Эта часть его повествования действительно вызывала сожаление. Что касается святоши-жены Д'Артаньяна, то Сильви не сомневалась, что он более не испытывает к ней нежных чувств. Об этом свидетельствовало его давнее преклонение перед ней самой, которое она уже перестала считать чисто платоническим, а также слухи о связи неотразимого капитана с некоей госпожой де Виртвиль, сжалившейся над мушкетером, насильно оторванным от женского тепла. Сильви уже открыла рот, чтобы высказаться по этому поводу, как вдруг Д'Артаньян пробормотал, глядя поверх ее плеча, как будто читая письмена на стене:
– Хвала Создателю, создавшему эту женщину честной, она не прихватила с собой портрет, из-за которого любила закатывать мне сцены...
– Портрет?.. – недоуменно переспросила Сильви.
– Портрет королевы. Не теперешней, а моей, с бриллиантовыми подвесками. Она подарила мне его в знак благодарности, но госпоже Д'Артаньян хватало глупости ревновать меня из-за него! Она так и не уяснила, что для меня эта белокурая головка так же священна, как образ Непорочной Девы. Она забрала его из моей комнаты и повесила у себя, и мне пришлось вести затяжные бои, чтобы повесила портрет на нейтральной территории, в кабинете... И только сейчас портрет возвращен на подобающее место.
На сей раз Сильви воздержалась от смеха. Воцарилась тишина. Рассказ Д'Артаньяна позволил ей проникнуть в секрет этого человека, без лести преданного своим государям: подобно многим другим, в молодости он пал жертвой ослепительной красоты своей королевы и оставался верен ей по сию пору. Да, он женился, да, ухаживал за Сильви, не отказывал себе в любовницах, но все это ничего не значило: на его сердце, как и на сердце герцога де Бофора, оставался глубокий рубец...
– Увы, теперь она тяжело больна, – не удержалась Сильви. – Врачи говорят, что неизлечимо.
Гримаса боли, исказившая на мгновение лицо ее гостя, подсказала госпоже де Фонсом, что ее догадка верна. Еще одним подтверждением ее правоты стал взрыв ярости.
– Врачи – стадо баранов! Покойный государь Людовик ХIII знал это лучше других. Чем она страдает?
– Гниением груди. Она умирает по сто раз на дню, но проявляет завидную отвагу. Король и Месье сменяют друг друга у ее изголовья. Случается, король ночует на ковре в ее спальне. Она так переживает, видя горе своих сыновей, что собирается со дня на день удалиться в Валь-де-Грас. Сопровождать ее велено только госпоже де Мотвиль и де Бове, ее камеристке, а также исповеднику аббату Монтегю.
– Бове по-прежнему с ней?
– Да. Я, как и вы, недолюбливаю ее, но справедливости ради должна признать, что она – преданная душа. Она самоотверженно лечит раны королевы, появляющиеся одна за другой. Мало кто делал бы это так же самозабвенно.
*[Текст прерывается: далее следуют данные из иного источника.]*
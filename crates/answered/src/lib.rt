// Demand 1, stated of every call, and what makes a state and its room sound, in document 01's words: statements in specs/, their proofs in proofs/. There is no code here.

#![tactic(auto)]
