// The numbers that bytes stand for, by the definitions of `notation`.

#![tactic(auto)]

ghost use Rattle.std.specs.Prelude.{◌≡◌};
ghost use Rattle.notation.specs.Reading.{digits, number, signed_field, unsigned_field};

fn digits(s: &[u8]) -> Option<i64>
    ensures { result ≡ digits s.now }
{
    if !(1..=10).contains(&s.len()) {
        return None;
    }
    let mut n = 0;
    for b in s {
        if !b.is_ascii_digit() {
            return None;
        }
        n = n * 10 + u64::from(b - b'0');
    }
    Some(n as i64)
}

fn read_number(s: &[u8]) -> Option<i64>
    ensures { result ≡ number s.now }
{
    match s {
        [b'-', size @ ..] => Some(-digits(size)?),
        _ => digits(s),
    }
}

// A number that an unsigned field holds.
pub fn unsigned_field(s: &[u8]) -> Option<u32>
    ensures { result ≡ unsigned_field (number s.now) }
{
    u32::try_from(read_number(s)?).ok()
}

// A number that a signed field holds.
pub fn signed_field(s: &[u8]) -> Option<i32>
    ensures { result ≡ signed_field (number s.now) }
{
    i32::try_from(read_number(s)?).ok()
}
Да, королева осыпала ее милостями, но она платит за них сторицей.
Друзья еще немного побеседовали, обсудив, в частности, предстоящее возвращение герцога де Бофора. Прежде чем проститься, Д'Артаньян внезапно заявил:
– Кстати, рассказывая о господине Фуке, я забыл упомянуть коменданта Пинероля.
– Действительно! Я с ним знакома?
– Не только знакомы, но и спасли его честь, а значит, саму жизнь. Припоминаете женитьбу короля?
От изумления брови Сильви взлетели на лоб.
– Неужели господин де Сен-Мар?
– Он самый, перевоплотившийся в тюремщика.
– Как же это произошло?
– Отчасти по моей вине. После приключения в Сен-Жан-де-Люз он проявил себя таким ревностным, даже блестящим служакой, что добился назначения бригадиром. Это он командовал взводом, с которым я задержал Фуке в Нанте. С тех пор он женился и пожелал покинуть службу ради более стабильного положения.
– Женился? Наверное, на красотке Маитене Эшевери?
– А вот и нет! Ему так и не удалось разбогатеть, потому я и порекомендовал его в коменданты Пинероля. С материальной точки зрения – очень хлебное местечко!
– Однако крепость в горах – не самое подходящее место для женщины. Полагаю, его жена живет в другом месте, одна?
– Опять-таки нет! Она там, вместе с ним, и полностью довольна своей судьбой. Это очень дружная пара, и живут они в комфорте.